Carbohydrate-deficient transferrin (CDT, also known as desialotransferrin or asialotransferrin) is a laboratory test used to help detect heavy ethanol consumption.

==Test for alcohol consumption==
Carbohydrate-deficient transferrin is elevated in the blood of people with heavy alcohol consumption but elevated levels can also be found in a number of medical conditions. The limitations of the assay depend upon the methodology of the test. HPLC (High Performance Liquid Chromatography) can detect certain genetic variants and potential liver diseases affecting CDT.

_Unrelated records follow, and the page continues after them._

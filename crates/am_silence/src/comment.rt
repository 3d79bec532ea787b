//! Old comments: a list that silences had before they had a single comment. It is read, but never written.

ghost use Rattle.std.specs.Prelude.{◌≡◌, ℕ, List, [], ◌∷◌, ◌++◌, false, Option, Some, None, OnOk, IfErr};
ghost use Rattle.am_wire.specs.Fields.{FieldAt, field_of};
ghost use Rattle.am_wire.specs.Reading.{FailsUnlessMemory, item_fault};
ghost use Rattle.am_silence.specs.Comments.{comment, comment_tests};

use am_wire::reading::{
    LastText, MessageReader, Schema, Submessage, TimestampDraft, moment_in, take_fields,
};
use am_wire::{Field, Value, WireError, WireType};
use std::alloc::Global;

/// The draft of a comment.
#[derive(Drop)]
pub struct CommentDraft<'a> {
    author: LastText<'a>,
    text: LastText<'a>,
    written_at: Submessage<TimestampDraft>,
}

impl Schema for CommentDraft<'_> {
    ghost fitting = { comment.fits };

    fn fits(number: u32, wire_type: WireType) -> bool
        ensures { result ≡ comment.fits number wire_type }
    {
        match number {
            1..=3 => wire_type == WireType::Bytes,
            _ => true,
        }
    }
}

impl<'a> MessageReader<'a> for CommentDraft<'a> {
    ghost use Rattle.std.specs.Prelude.{⊤};
    ghost use Rattle.am_silence.specs.Drafts.{IsCommentDraft};

    /// A comment is tested, but nothing is made of it by itself.
    type Done = ();

    ghost inside = { comment.inside };

    ghost holds = { IsCommentDraft };

    ghost tests = { comment_tests };

    ghost value = { λ es. tt };

    fn start(alloc: Global) -> Self {
        CommentDraft {
            author: LastText::none(),
            text: LastText::none(),
            written_at: Submessage::none(alloc),
        }
    }

    fn take(&mut self, field: Field<'a>) -> Result<(), WireError> {
        match field.number {
            1 => self.author.take(field)?,
            2 => self.text.take(field)?,
            3 => self.written_at.take(field)?,
            _ => {}
        }
        Ok(())
    }

    fn finish(self, alloc: Global, _place: usize) -> Result<(), WireError> {
        moment_in(alloc, self.written_at)?;
        Ok(())
    }
}

/// The author and the text of the first old comment, if there is one.
#[derive(Clone, Copy)]
pub struct FirstComment<'a> {
    pub author: &'a str,
    pub text: &'a str,
    pub given: bool,
}

impl<'a> FirstComment<'a> {
    ghost use Rattle.am_silence.specs.Drafts.{IsFirstComment};

    /// Returns the state before any comment is taken.
    pub fn none() -> Self
        ensures { result.given ≡ false }
    {
        FirstComment {
            author: "",
            text: "",
            given: false,
        }
    }

    /// Reads a comment, and keeps it if it is the first one.
    pub fn take(&mut self, alloc: Global, field: Field<'a>) -> Result<(), WireError>
        ensures held { OnOk result ((es : List FieldAt) → (field_of field.entry).number ≡ 7 → IsFirstComment es self.old →
            IsFirstComment (es ++ field_of field.entry ∷ []) self.new) }
        ensures clean { OnOk result (item_fault comment comment_tests (field_of field.entry) ≡ None) }
        ensures fault { IfErr result (λ e. FailsUnlessMemory e (item_fault comment comment_tests (field_of field.entry))) }
    {
        if let Value::Bytes(bytes) = field.value {
            let mut draft = CommentDraft::start(alloc);
            take_fields(&mut draft, bytes, field.inside)?;
            let (author, text) = (draft.author.text, draft.text.text);
            draft.finish(alloc, field.at)?;
            if !self.given {
                self.author = author;
                self.text = text;
                self.given = true;
            }
        }
        Ok(())
    }
}
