/// Returns the meaning of a fault.
pub fn meaning_of(fault: &Fault) -> &'static str {
    match *fault {
        Fault::Memory(_) => MEMORY,
        Fault::Snapshot(error) => meaning_of_snapshot(error),
        Fault::File(fault) => meaning_of_file(fault),
        Fault::Silences(fault) | Fault::Log(fault) => meaning_of_state(fault),
        Fault::Server(fault) => meaning_of_server(fault),
        Fault::List(error) => meaning_of_list(error),
        Fault::Gossip(error) => meaning_of_answer(error),
        Fault::Peer =>
            "a peer is NAME=ADDRESS:PORT, or NAME=PORT on 127.0.0.1, with a port from 1 to 65535",
        Fault::Config(error) => meaning_of_names(error),
        Fault::Connection(fault) => meaning_of_connection(fault),
        Fault::Lost(fault, _) => meaning_of_link(fault),
        Fault::SilencesTorn(_) | Fault::LogTorn(_) => TORN,
        Fault::Random(_) => "the system gave no random bytes",
        Fault::Listen(kind, _) => meaning_of_listen(kind),
        Fault::Secret(fault) => meaning_of_secret(fault),
        Fault::Gate(fault) => meaning_of_gate(fault),
        Fault::Accept(_) => "a connection that came was not accepted",
        Fault::Crowded(_) => CROWDED,
        Fault::Unfinished(_) => UNFINISHED,
        Fault::Clock(_) => "the system's clock can't be read",
        Fault::ClockBehind(_) => CLOCK_BEHIND,
        Fault::ClockCaughtUp => "the clock is behind the last event no more",
        Fault::ClockAhead(_) => CLOCK_AHEAD,
        Fault::NoPull => NO_PULL,
        Fault::Unheard => UNHEARD,
        Fault::WithheldPattern(_) => WITHHELD_PATTERN,
        Fault::WithheldMatcher(_) => WITHHELD_MATCHER,
        Fault::FieldsDropped(_) => FIELDS_DROPPED,
        Fault::LinesLost(_) => LINES_LOST,
        Fault::UnsentMemory(_) => UNSENT_MEMORY,
        Fault::UnsentLimit(_) => UNSENT_LIMIT,
    }
}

Used with other tests, such as gamma glutamyl transferase (GGT), aspartate aminotransferase (AST), and alanine aminotransferase (ALT), carbohydrate-deficient transferrin can be a useful tool in identifying problem drinking, such as alcohol use disorder. However, it is less sensitive than phosphatidylethanol (PEth) in detecting current regular alcohol consumption.

The ethanol conjugates called ethyl glucuronide and ethyl sulfate remain detectable for up to three days after ethanol consumption and are quite useful for detection of occult/denied alcohol use disorder. Both these substances are detectable clinically through urine drug testing by commercial toxicology labs.

CDT is measured by taking a sample of a patient's blood. Apparently healthy individuals with no or low reported alcohol consumption and a negative Alcohol Use Disorders Identification Test (AUDIT) will have a %CDT <1.7% (95th percentile for the social drinking population). Elevated levels of CDT suggest recent heavy alcohol consumption, especially if other liver-associated enzymes (such as GGT) are elevated. Although recent heavy alcohol use is most commonly associated with elevated CDT, certain rare liver disorders can also increase levels of CDT. CDT levels are less useful for detecting alcohol use disorder in people with other liver diseases.